The only beer on Tap was some foul lager; undrinkable, so everyone ordered Lager and Black. I remember the Saints looking on in shock as we all ordered what they obviously considered a poofters drink.

Nick and friend outside the Roxy - Photo -Dan Swan

Out of interest can you remember anything of the Stranglers Roxy gig. After you left the place got robbed.

DS: We were in my Dad’s van on the M4 on the way back to Bristol when that happened.  We just read about it in the music papers afterwards.

How did it differ from playing clubs in Bristol? Attitude, type of audience reaction etc.

DS: In Bristol by late 1976 there were no punk venues per se.  But when we played gigs we brought in a large crowd of mainly school friends who were all in a very innocent way experimenting with the punk rock look.  At the Roxy the crowed was a mixture of scenesters and musicians who had been in the punk scene a while and a certain number of people new to the game who were trying to figure out how to act “Punk.” Some of them were acting and dressing demented, some pissing on the floor and some yelling abuse at the band.  I remember being quite shocked that people were openly taking drugs at the Roxy as I had naively assumed that the Punk scene was anti-hippy and therefore not about drug taking.

NS: The Roxy was the first place I remember seeing the whole “Part Time Punk” thing; people trying very hard to be what they thought Punk was. Dumb – you can’t try and be something, you either are or your not – you get it or you don’t. It was also the first place we started to meet older people that were into the scene and understood it’s wider ramifications; obviously a lot of these people (but not all) worked in the record industry.

Who did you rate and who did you think was pants on the scene?

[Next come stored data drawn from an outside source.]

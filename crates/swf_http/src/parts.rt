// The parts of a head, as values.
ghost use Rattle.std.specs.Prelude.{◌≡◌, length, map, chars, All, IfOk};
ghost use Rattle.std.specs.Char.{to_ascii_lowercase};
ghost use Rattle.std.specs.Str.{IsUtf8};
ghost use Rattle.httparse.specs.Grammar.{RequestHead};
ghost use Rattle.httparse.specs.Spans.{IsHeaderWithin, IsRequestAt, header_bytes};
ghost use Rattle.swf_http.specs.Stands.{IsFoundRequest};
ghost use Rattle.swf_http.specs.Fields.{headers_of};
ghost use Rattle.swf_http.specs.Requests.{IsParts};

use crate::found::FoundRequest;
use httparse::spans::HeaderSpan;
use std::alloc::{AllocError, Global};
use swf_calls::{Header, Headers};
use swf_text::{Text, TextBuilder};

/// The parts of a request's head.
#[derive(Drop)]
pub struct Parts {
    pub method: Text,
    pub target: Text,
    pub headers: Headers,
}

// The text whose characters have these bytes as their numbers.
fn text_of(alloc: Global, bytes: &[u8]) -> Result<Text, AllocError>
    ensures { IfOk result (λ t. t ≡ bytes.now) }
{
    let mut text = TextBuilder::new(alloc);
    for b in bytes {
        text.push(char::from(*b))?;
    }
    text.into_text(alloc)
}

// The same in lower case.
fn lower_text_of(alloc: Global, bytes: &[u8]) -> Result<Text, AllocError>
    ensures { IfOk result (λ t. t ≡ map to_ascii_lowercase bytes.now) }
{
    let mut text = TextBuilder::new(alloc);
    for b in bytes {
        text.push(char::from(b.to_ascii_lowercase()))?;
    }
    text.into_text(alloc)
}

// The text that these bytes spell in UTF-8.
fn spelled(alloc: Global, bytes: &[u8]) -> Result<Text, AllocError>
    requires { IsUtf8 bytes.now }
    ensures { IfOk result (λ t. t ≡ chars bytes.now) }
{
    match str::from_utf8(bytes) {
        Ok(text) => Text::copy_of(alloc, text),
        Err(_) => unreachable!(),
    }
}

/// The headers that stand at some spans.
pub(crate) fn headers_at(
    alloc: Global,
    bytes: &[u8],
    spans: &[HeaderSpan],
) -> Result<Headers, AllocError>
    requires { All (IsHeaderWithin (length bytes.now)) spans.now }
    ensures { IfOk result (λ headers. headers ≡ headers_of (map (header_bytes bytes.now) spans.now)) }
{
    let mut headers = Headers::none(alloc);
    for span in spans {
        let name = lower_text_of(alloc, span.name.of(bytes))?;
        let value = text_of(alloc, span.value.of(bytes))?;
        headers.add(alloc, Header { name, value })?;
    }
    Ok(headers)
}

/// The parts of a head that was found in some bytes.
pub(crate) fn parts_at(
    alloc: Global,
    bytes: &[u8],
    found: &FoundRequest,
) -> Result<Parts, AllocError>
    requires { IsFoundRequest bytes.now found.now }
    ensures { (h : RequestHead) → IsRequestAt bytes.now found.now.headers.items found.now.spans h
        → IfOk result (λ parts. IsParts h parts.method parts.target parts.headers) }
{
    let method = text_of(alloc, found.spans.method.of(bytes))?;
    let target = spelled(alloc, found.spans.path.of(bytes))?;
    let headers = headers_at(alloc, bytes, &found.headers[..found.spans.headers])?;
    Ok(Parts {
        method,
        target,
        headers,
    })
}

DS: I liked Dr Feelgood in 1976. But by 1977 things got a little more complicated because of the hype surrounding bands. By the time you saw them it was hard to separate the hype from the experience of seeing them. Having said that I saw some terrific shows by the Clash, the Damned the Jam etc. I think collectively the Cortinas felt that our friends from Bristol, the Pop Group, were “the pants.”  This was a little later and more post-punk than punk, but they really took things in another direction and we had a lot of admiration for what they did.  But that all started to happen for them just as we broke up.

NS: The Clash were the band that blew me away – I can still vividly remember the first time I listened to their first album. Quite fortunate really… Things started to get polarized very quickly; cartoon Punk bands like Sham 69 turned up, as did the first of the post punk bands, new wave bands, power pop bands, Mod bands, Oi bands. A new genre every week…

How did you cope with gobbing and violence at gigs? What was the worst places for it? London or outside?

DS: I still have my drum set from that time in my parents attic an there is a wad of gob still on the rim of my tom tom that got baked on by stage lights!  Probably need a hammer and chisel to get it off. But I was the drummer way at the back and I was the last to get hit.  A couple of the others have stories of gob landing in their mouths as they were singing. I can assure you that there is no experience more bizarre than watching someone walk up to the stage as you are playing, hone in on you and fire a wad of spit at you.  All as a sign of appreciation!  Some nights it was like the first twenty minutes of Saving Private Ryan, only with spit!  I think the Electric Circus in Manchester gave the Cortinas the highest gob ratio of any venue.

NS: I still have a scar on my forehead from a gig we did in Southville, a really rough part of town, the week after the Grundy thing. We were massacred!